The company I work for hires labor from a temporary staffing agency primarily for brush work. We lose some time training the men and they are not efficient for 1 to 2 weeks. They start at a little over $15.00/hr. WC is paid by the agency and there are some restrictions in how they are used but overall it works out well. Some guys last a day or less as the work is hard and dirty but some have worked for months. Most are felons, drugs related mostly. Even murderers can make good employees.


----------



## D&B Mack (May 11, 2012)

@ 41k per year, is that with full bennies being provided by the company? I know a few guys around here that pay $300 to $400 a day for faller, but this is basically like a sub contractor. They are responsible for all their own equipment and their benefits.


----------



## Gologit (May 11, 2012)

D&B Mack said:


> @ 41k per year, is that with full bennies being provided by the company? I know a few guys around here that pay $300 to $400 a day for faller, but this is basically like a sub contractor. They are responsible for all their own equipment and their benefits.

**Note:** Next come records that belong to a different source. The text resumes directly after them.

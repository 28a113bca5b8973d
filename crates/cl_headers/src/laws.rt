//! Laws about the search for a header.

ghost use Rattle.std.specs.Prelude.{◌≡◌, ℕ, List};
ghost use Rattle.cl_base.specs.declared.headers.Known.{Known};
ghost use Rattle.cl_headers.specs.Resolving.{Resolves};
ghost use Rattle.cl_headers.specs.declared.resolving.Resolved.{Resolved};

/// A search comes to one answer, and asks for one list of paths.
pub fn one_resolution()
    ensures { (known : List ℕ → Known) (paths asked others : List (List ℕ)) (resolved other : Resolved) → Resolves known paths asked resolved → Resolves known paths others other → (asked ≡ others) × (resolved ≡ other) }
{}

/// And it comes to one always.
pub fn some_resolution()
    ensures { (known : List ℕ → Known) (paths : List (List ℕ)) → (asked : List (List ℕ)) × (resolved : Resolved) × Resolves known paths asked resolved }
{}
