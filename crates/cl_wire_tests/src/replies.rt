use cl_base::{Answer, Duplicate, List, Mem, Position, Range, Symbol, Text};
use cl_rpc::{How, Id, Out, Reply, reply_text};
use std::alloc::Global;
use std::test::Fail;

#[test]
fn replies(rt: HostRuntime) -> Result<(), Fail> {
    let alloc = rt.alloc();
    for (id, out, wanted) in cases(alloc)? {
        let reply = Reply {
            message: 0,
            mark: 1,
            how: How::Answered,
            id,
            out,
        };
        let text = reply_text(alloc, &reply)?;
        let told = str::from_utf8(text.bytes()).unwrap_or("no text");
        assert!(rt; told == wanted, "{told}");
    }
    let word = Id::Text(Text::new(alloc, b"a")?);
    let copy = word.duplicate(alloc)?;
    assert!(rt; copy.same(&word));
    assert!(rt; !Id::Number(1).same(&word));
    Ok(())
}

/// Each reply's id and outcome, with its frame.
fn cases(alloc: Global) -> Mem<Vec<(Option<Id>, Out, &'static str)>> {
    let mut cases = Vec::new(alloc);
    cases.push((
        Some(Id::Number(1)),
        Out::Capabilities,
        "Content-Length: 132\r\n\r\n{\"id\":1,\"jsonrpc\":\"2.0\",\"result\":{\"capabilities\":{\"documentSymbolProvider\":true,\"textDocumentSync\":1},\"serverInfo\":{\"name\":\"clsd\"}}}",
    ))?;
    let none = List::new(alloc);
    let one = listed(alloc, b"x", none)?;
    cases.push((
        Some(Id::Number(2)),
        Out::Answer(Answer::Symbols(one)),
        "Content-Length: 215\r\n\r\n{\"id\":2,\"jsonrpc\":\"2.0\",\"result\":[{\"kind\":13,\"name\":\"x\",\"range\":{\"end\":{\"character\":6,\"line\":0},\"start\":{\"character\":0,\"line\":0}},\"selectionRange\":{\"end\":{\"character\":5,\"line\":0},\"start\":{\"character\":4,\"line\":0}}}]}",
    ))?;
    cases.push((
        Some(Id::Number(3)),
        Out::Null,
        "Content-Length: 38\r\n\r\n{\"id\":3,\"jsonrpc\":\"2.0\",\"result\":null}",
    ))?;
    cases.push((
        Some(Id::Number(2)),
        Out::Error(-32602),
        "Content-Length: 75\r\n\r\n{\"error\":{\"code\":-32602,\"message\":\"invalid params\"},\"id\":2,\"jsonrpc\":\"2.0\"}",
    ))?;
    cases.push((
        None,
        Out::Error(-32700),
        "Content-Length: 75\r\n\r\n{\"error\":{\"code\":-32700,\"message\":\"parse error\"},\"id\":null,\"jsonrpc\":\"2.0\"}",
    ))?;
    let torn = Text::new(alloc, &[b'"', 0xe2, 0x82, b'-', 0xff, 0xc3, 0xa9])?;
    cases.push((
        Some(Id::Text(torn)),
        Out::Error(7),
        "Content-Length: 71\r\n\r\n{\"error\":{\"code\":7,\"message\":\"\"},\"id\":\"\\\"\u{fffd}\u{fffd}-\u{fffd}\u{e9}\",\"jsonrpc\":\"2.0\"}",
    ))?;
    let none = List::new(alloc);
    let inner = listed(alloc, &[b'a', 0xed, 0xa0, 0x80], none)?;
    let outer = listed(alloc, b"s", inner)?;
    cases.push((
        Some(Id::Number(-4)),
        Out::Answer(Answer::Symbols(outer)),
        "Content-Length: 418\r\n\r\n{\"id\":-4,\"jsonrpc\":\"2.0\",\"result\":[{\"children\":[{\"kind\":13,\"name\":\"a\u{fffd}\u{fffd}\u{fffd}\",\"range\":{\"end\":{\"character\":6,\"line\":0},\"start\":{\"character\":0,\"line\":0}},\"selectionRange\":{\"end\":{\"character\":5,\"line\":0},\"start\":{\"character\":4,\"line\":0}}}],\"kind\":13,\"name\":\"s\",\"range\":{\"end\":{\"character\":6,\"line\":0},\"start\":{\"character\":0,\"line\":0}},\"selectionRange\":{\"end\":{\"character\":5,\"line\":0},\"start\":{\"character\":4,\"line\":0}}}]}",
    ))?;
    cases.push((
        Some(Id::Number(5)),
        Out::Answer(Answer::Symbols(List::new(alloc))),
        "Content-Length: 36\r\n\r\n{\"id\":5,\"jsonrpc\":\"2.0\",\"result\":[]}",
    ))?;
    Ok(cases)
}

/// A list of one symbol.
fn listed(alloc: Global, name: &[u8], children: List<Symbol>) -> Mem<List<Symbol>> {
    let place = |character| Position { line: 0, character };
    let mut symbols = List::new(alloc);
    symbols.push(Symbol {
        kind: 13,
        name: Text::new(alloc, name)?,
        range: Range {
            start: place(0),
            end: place(6),
        },
        selection: Range {
            start: place(4),
            end: place(5),
        },
        children,
    })?;
    Ok(symbols)
}
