/// A tree of a nonterminal from a token on, of at most a height, where this is declared.
pub fn tree_at(
    alloc: Global,
    tokens: &[Lexeme],
    scope: &SharedScope,
    goal: Nonterminal,
    depth: u32,
    at: u32,
) -> Mem<Option<Found>>
    requires depth { depth ≤ 512 }
    requires short { length tokens.now < 2 ^ 32 - 4 }
    ensures { IfOk result (Parses tokens.now depth scope.now goal at) }
{
    if depth == 0 {
        return Ok(None);
    }
    let shunned = is_shunned(tokens, scope, goal, at);
    if shunned {
        return Ok(None);
    }
    let grammar = Grammar {
        alloc,
        tokens,
        depth: depth - 1,
        parse: tree_at,
    };
    let Some(first) = grammar.opener(scope, goal, at)? else {
        return Ok(None);
    };
    let Some(last) = grammar.climb(scope, goal, first)? else {
        return Ok(None);
    };
    let fits = has_place(kinds(goal), last.place);
    if fits { Ok(Some(last)) } else { Ok(None) }
}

That's pretty close although the number of companies that provide decent benefits seems to be decreasing every year. I'm also seeing a trend toward owner/operators on the equipment side of things. This has had the effect of making equipment rates very competitive...as in cheap.

Most of the falling is subbed out, there are very few outfits that have their own. Most of the guys I know do like you said, they take care of everything themselves...taxes, insurance, equipment, travel costs, etc....we call it "running your own numbers".


----------



## KenJax Tree (May 11, 2012)

Hell i made that doing line clearance and i only drove 10 minutes to work and then sat in the truck for 5 out of 8 hours.


----------



## Gologit (May 11, 2012)

KenJax Tree said:


> Hell i made that doing line clearance and i only drove 10 minutes to work and then sat in the truck for 5 out of 8 hours.



Good. It's always a treat when the man fits the job and vise-versa.


----------



## KenJax Tree (May 11, 2012)

Gologit said:


> Good. It's always a treat when the man fits the job and vise-versa.



I can honestly say i didnt earn 41k and loggers earn way more than that.


----------



## slowp (May 11, 2012)

In places that are not close to cities, and the few employment opportunities are mostly in the restaurant/tourist trade, those are good wages.

You also have to realize that there is a lot of down time for fire closures, bad weather, snow, etc.


----------



## D&B Mack (May 11, 2012)

Gologit said:


> That's pretty close although the number of companies that provide decent benefits seems to be decreasing every year. I'm also seeing a trend toward owner/operators on the equipment side of things. This has had the effect of making equipment rates very competitive...as in cheap.
> 
> Most of the falling is subbed out, there are very few outfits that have their own. Most of the guys I know do like you said, they take care of everything themselves...taxes, insurance, equipment, travel costs, etc....we call it "running your own numbers".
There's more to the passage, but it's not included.